Could gene therapy help avoid a heart transplant? We’ll soon be one step closer to knowing the answer thanks to a groundbreaking trial in the UK. Lee Adams, 37, is the first of an eventual 24 patients who will take part in a trial to see if Mydicar, a treatment from U.S. biotech firm Celladon, can help overcome advanced heart failure.
The treatment is designed to deliver a spike in SERCA2a protein in the heart muscle. The SERCA2a protein is responsible for making heart muscle contract and low levels have been known to make the heart pump weakly. The protein will be delivered to the heart via harmless virus. Researchers plan to take a samples after an initial six month period to measure the presence of the gene. For those that undergo a subsequent transplant, the researchers will be able to examine the actual heart as well.
The trial, led by Imperial College London and funded by British Heart Foundation as well as Celladon, claims to be the first in the world to investigate the use of gene therapy to correct heart failure.
Says Professor Sian Harding, who helped develop the treatment, “It's important to remember that the therapy is not correcting a gene defect.

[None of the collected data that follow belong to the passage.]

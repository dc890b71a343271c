//! A new row, written from its first word to its last.
//!
//! A seat makes some three hundred events for a new row: they store its count, its least key,
//! the link after it and the first link of its list, its entries, and then four words for each cell
//! that it has and one for each other place. Nobody else reads the row before it is linked, and of
//! what the seat knows nothing changes in between but which of these words is the next one. So the
//! row and its cells are looked up once, and the seat's local stays as it was until all is written:
//! `at_entry` and `at_cell` say which local the pass follows meanwhile.
ghost use Rattle.std.specs.Prelude.{◌≡◌, ◌<◌, ◌≤◌, IsTrue, length, slice_get, All, Some};
ghost use Rattle.kw_cells.specs.Kept.{AreRising};
ghost use Rattle.kw_words.specs.declared.sizes.TheConstants.{CELLS};
ghost use Rattle.kw_world.specs.Sane.{IsCopy, IsLocal};
ghost use Rattle.kw_world.specs.Sizes.{product};
ghost use Rattle.kw_words.specs.Plain.{cell_link_word};
ghost use Rattle.kw_world.specs.WriteTransitions.{infant_cells, listed_after};
ghost use Rattle.kw_follow.specs.BuildsOn.{StandAlone, at_cell, at_entry, past_row, writing};
ghost use Rattle.kw_follow.specs.Following.{Follows};
ghost use Rattle.kw_follow.specs.Reaching.{Advances};

use kw_cells::cell::Cell;
use kw_step_rebal::infant::{infant, infant_cells};
use kw_step_rebal::infant_words::{
    count_word, first_word, least_word, next_word, rising_after_word,
};
use kw_step_rebal::resume_write::to_write_cell;
use kw_table::{Pass, Shared, store_infant};
use kw_words::layout::Name;
use kw_words::pend::Pend;
use kw_words::plain::{pack_cell_link, pack_key, pack_value, pack_version};
use kw_words::sizes::{CELL_COUNT, SEAT_COUNT};
use kw_world::activity::Activity;
use kw_world::activity::rebalance::Rebalance;
use kw_world::activity::rebalance::write::Write;
use kw_world::event::Choice;
use kw_world::local::Local;

/// Writes the new row at hand, each word of it but its state, which says that it is the seat's.
/// After it comes the next new row, or the walk to the row before the full one. Takes no memory.
pub fn write_row(shared: &Shared, pass: &mut Pass, local: &mut Local)
    requires follows { Follows shared.now pass.old local.old }
    requires activity { local.old.activity ≡ Activity.Rebalance (Rebalance.Write Write.Count) }
    ensures on { Advances shared.now pass.old pass.new local.new }
    ensures written { local.new ≡ past_row local.old }
{
    write_head(shared, pass, local);
    write_entries(shared, pass, local);
    write_cells(shared, pass, local);
    write_places_behind(shared, pass, local);
    to_write_cell(local, CELL_COUNT);
}

// Stores its count, its least key, the link after it and the first link of its list.
#[inline(always)]
fn write_head(shared: &Shared, pass: &mut Pass, local: &Local)
    requires ranges { IsLocal product local.now }
    requires follows { Follows shared.now pass.old (writing Write.Count local.now) }
    ensures { Advances shared.now pass.old pass.new (at_entry 0 local.now) }
{
    let row = infant(local);
    let count = count_word(local);
    let least = least_word(local);
    let next = next_word(local);
    let first = first_word(local);
    store_infant(shared, pass, Name::Count(row), count);
    store_infant(shared, pass, Name::Least(row), least);
    store_infant(shared, pass, Name::Next(row), next);
    store_infant(shared, pass, Name::First(row), first);
}

// Stores that the entry of each seat is idle.
#[inline(always)]
fn write_entries(shared: &Shared, pass: &mut Pass, local: &Local)
    requires { Follows shared.now pass.old (at_entry 0 local.now) }
    ensures { Advances shared.now pass.old pass.new (at_cell 0 local.now) }
{
    let row = infant(local);
    let idle = Pend::Idle.pack();
    for seat in 0..SEAT_COUNT {
        store_infant(shared, pass, Name::Pend(row, seat), idle);
    }
}

// Stores the key, the value and the version of each cell, and the link after it.
#[inline(always)]
fn write_cells(shared: &Shared, pass: &mut Pass, local: &Local)
    requires ranges { IsLocal product local.now }
    requires rising { AreRising local.now.rebalance.kept }
    requires follows { Follows shared.now pass.old (at_cell 0 local.now) }
    ensures { Advances shared.now pass.old pass.new
        (at_cell (length (infant_cells local.now)) local.now) }
{
    let row = infant(local);
    let cells = infant_cells(local);
    let mut place: u32 = 0;
    while (place as usize) < cells.len() {
        let cell = cell_at(cells, place);
        let key = pack_key(cell.key);
        let value = pack_value(cell.value);
        let version = pack_version(Some(cell.version));
        let behind = word_behind(local, cells, place);
        store_infant(shared, pass, Name::Key(row, place), key);
        store_infant(shared, pass, Name::Value(row, place), value);
        store_infant(shared, pass, Name::Version(row, place), version);
        store_infant(shared, pass, Name::After(row, place), behind);
        place += 1;
    }
}

// The word of the link after the cell at a place of the row. Most keys have one cell, and where
// that is so of the key here and of the next one, the link leads to the next place.
#[inline(always)]
fn word_behind(local: &Local, cells: &[Cell], place: u32) -> u64
    requires ranges { IsLocal product local.now }
    requires rising { AreRising local.now.rebalance.kept }
    requires cells { cells.now ≡ infant_cells local.now }
    requires few { length cells.now ≤ CELLS }
    requires within { place < length cells.now }
    ensures { result ≡ cell_link_word (listed_after (infant_cells local.now) place) }
{
    if stand_alone(cells, place as usize) {
        pack_cell_link(Some(place + 1))
    } else {
        rising_after_word(local, place)
    }
}

// Whether there is a cell behind the one at this place, and each of both is the only one of its
// key.
#[inline(always)]
fn stand_alone(cells: &[Cell], place: usize) -> bool
    requires { place < length cells.now }
    ensures { IsTrue result → StandAlone cells.now place }
{
    let key = cells[place].key;
    if place > 0 && cells[place - 1].key == key || place + 1 >= cells.len() {
        return false;
    }
    let next = cells[place + 1].key;
    next != key && (place + 2 >= cells.len() || cells[place + 2].key != next)
}

// The cell at a place of the row, which has one there.
#[inline(always)]
fn cell_at(cells: &[Cell], place: u32) -> Cell
    requires within { place < length cells.now }
    requires in_range { All IsCopy cells.now }
    ensures cell { slice_get cells.now place ≡ Some result }
    ensures in_range { IsCopy result }
{
    cells[place as usize]
}

// Stores at each place behind the cells that there is none. The link after it may be one of an
// earlier use of the row: no walk follows it before a put has stored its own there.
#[inline(always)]
fn write_places_behind(shared: &Shared, pass: &mut Pass, local: &Local)
    requires ranges { IsLocal product local.now }
    requires follows { Follows shared.now pass.old
        (at_cell (length (infant_cells local.now)) local.now) }
    ensures { Advances shared.now pass.old pass.new (at_cell CELLS local.now) }
{
    let row = infant(local);
    let cells = infant_cells(local);
    let built = cells.len() as u32;
    let none = pack_version(None);
    for place in built..CELL_COUNT {
        store_infant(shared, pass, Name::Version(row, place), none);
    }
}
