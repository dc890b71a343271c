//! Tests of whole runs of the server, and of a seat that serves sessions, over links in memory, by
//! the public calls of `kiwid` alone. What is expected was worked out by hand.
//!
//! They stand in a crate of their own, since a crate that has tests is proved twice, with them and
//! without; those of single sessions stand in `kiwid_session_tests`, and those of connections
//! beside each other in `kiwid_beside_tests`.
#![tactic(auto)]

#[cfg(test)]
mod runs;
#[cfg(test)]
mod seats;
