// Classing: every nonspacing mark of a line gets the class by which it is placed.
ghost use Rattle.std.specs.Prelude.{◌≡◌, map};
ghost use Rattle.signs.specs.Reclassing.{reclassed};

use signs::{Sign, SignRow};

fn class_row(row: SignRow) -> SignRow
    ensures { result ≡ reclassed row }
{
    Sign::read(row).recategorized().row()
}

pub(crate) fn class_all(rows: &mut [SignRow])
    ensures { rows.new ≡ map reclassed rows.old }
{
    for row in rows.iter_mut() {
        *row = class_row(*row);
    }
}
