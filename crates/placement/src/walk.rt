// Where the walk along the marks of a group is.
use crate::extents::Extents;

// How far it may have gone (`Near`) grows with each mark, and where it may be (`Known`) goes by the base that it is under:
// contracts say both, since no field does.
#[derive(Clone, Copy)]
pub struct Walk {
    // What the next mark's offsets are corrected by.
    pub x: i32,
    pub y: i32,
    // The component of the last mark, counted from 1, and the class of its run; 0 at first.
    // Neither is an `Option`: a mark can come back to component 0, which has a share too; and 0 is the class of marks that are
    // in no run, in the data and in the definitions, so an `Option` would be taken apart again at each comparison.
    pub component: u8,
    pub class: u8,
    // The box of the component, and that of the run.
    pub around: Extents,
    pub run: Extents,
}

We are working much more downstream, which means that no matter what the cause of the heart failure, the therapy should be equally beneficial for patients whether their heart problems stem from genes, lifestyle or the environment or a mixture of all of these."
Adams has a reserved optimism towards the study. "Of course the best thing that could happen would be for my heart function to show signs of improvement and for the gene therapy to prove to be a 'miracle cure' for myself and other patients. But I'm not building up my hopes too much because, for all I know, I might have had the placebo.”